Fastness properties rating of B. ferruginea B dyed cellulosic fabrics are shown in Table 4. Wash fastness property ranged from good (3) to excellent (5), light fastness property ranged from very good (5) to excellent (7) and rubbing fastness property ranged from good/very good (3.5) to excellent (5). Other fastness properties determined on dyed cellulosic fabrics are perspiration fastness property, which ranged from good (3) to very good/excellent (4.5) and hot ironing fastness property that was seen to be excellent (5) in all dyed cotton fabrics. These observations agreed with Sufian et al. 2016.

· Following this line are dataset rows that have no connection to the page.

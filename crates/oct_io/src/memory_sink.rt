//! Bytes written to memory in short pieces without a failure.
ghost use Rattle.std.specs.Prelude.{◌≡◌, ◌<◌, ◌≤◌, ◌++◌, [], Some, length, min, take, IfOk};
ghost use Rattle.std.specs.Prelude.{IsOkUnless, OnErr};
ghost use Rattle.oct_io.specs.Counts.{IsWriteCounted};

use crate::file_bytes::FileBytes;
use crate::sink::{Sink, SinkFault};
use std::alloc::Global;
use std::marker::Model;

/// Bytes that are written to memory in pieces of a greatest length. A write gives up only where
/// memory runs out, which is counted.
#[derive(Drop)]
pub struct MemorySink {
    bytes: FileBytes,
    most: usize,
    shortages: u64,
}

impl Model for MemorySink {
    ghost use Rattle.std.specs.Prelude.{◌<◌};
    ghost use Rattle.oct_io.specs.Held.{Receipt};

    ghost Value = { Receipt };

    ghost view = { λ s. record { written = s.bytes; most = s.most; shortages = s.shortages } };

    ghost invariant = { λ s. 0 < s.most };
}

impl MemorySink {
    /// A sink with nothing written to it, of which a write takes `most` bytes at most.
    pub fn new(alloc: Global, most: usize) -> Self
        requires { 0 < most }
        ensures written { result.written ≡ [] }
        ensures most { result.most ≡ most }
        ensures shortages { result.shortages ≡ 0 }
    {
        MemorySink {
            bytes: FileBytes::new(alloc),
            most,
            shortages: 0,
        }
    }

    /// The bytes that were written so far.
    pub fn written(&self) -> &[u8]
        ensures { result.now ≡ self.now.written }
    {
        self.bytes.as_slice()
    }
}

impl Sink for MemorySink {
    ghost written = { λ s. Some s.written };

    ghost faults = { λ _. 0 };

    ghost shortages = { λ s. s.shortages };

    fn write(&mut self, piece: &[u8]) -> Result<usize, SinkFault>
        ensures full { IfOk result (λ n. n ≡ min self.old.most (length piece.now)) }
        ensures most { self.new.most ≡ self.old.most }
        ensures within { IfOk result (λ n. n ≤ length piece.now) }
        ensures some { IfOk result (λ n. 0 < length piece.now → 0 < n) }
        ensures appended { IfOk result
            (λ n. self.new.written ≡ self.old.written ++ take n piece.now) }
        ensures err { OnErr result (self.new.written ≡ self.old.written) }
        ensures calm { IsOkUnless result SinkFault.Memory }
        ensures memory { OnErr result (0 < length piece.now) }
        ensures counts { IsWriteCounted result 0 0 self.old.shortages self.new.shortages }
    {
        let count = self.most.min(piece.len());
        let (taken, _) = piece.split_at(count);
        if self.bytes.extend_from_slice(taken).is_err() {
            self.shortages = self.shortages.saturating_add(1);
            return Err(SinkFault::Memory);
        }
        Ok(count)
    }
}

Table 4 Fastness properties of dyed cellulosic fabrics

Generally, fastness properties of dyed cellulosic fabrics were enhanced through mordanting (Table 4). The ability of mordant metal ion to chelate dye molecules forming complex in dyed fabric makes mordanted dyed fabrics of higher fastness properties than unmordanted fabric. The presence of covalent, coordinate and hydrogen bonds, in addition to complex dye formation (Fig. 3) make calcium chloride mordanted dyed cellulosic fabrics to have best fastness properties. The alum mordanted dyed fabrics that contain only covalent and coordinate bonds in addition to complex dye-metal-fabric formations (Fig. 4) have better fastness properties. Dye molecules aggregation, together with covalent and hydrogen bonds conferred good fastness properties on unmordanted dyed fabric (Fig. 2). These observations agreed with Geelani et al. (2016) in Dyeing and fastness properties of Quercus robur with natural mordants on natural fibre.

Conclusions

Mordanting enhances hue and fastness properties of natural dyed cotton fabric. Pre-mordanting dyeing technique gave dyed cellulosic fabric with deepest hue and post-mordanting technique gave dyed fabrics with best fastness properties. Calcium chloride was seen to be a mordant with deeper hue development on B. ferruginea B dyed cellulosic fabric. B. ferruginea B mordanted dyed cellulosic fabrics are of good to excellent fastness properties. Therefore, B. ferruginea B dye has a good potential of complementing synthetic dyes in dye house.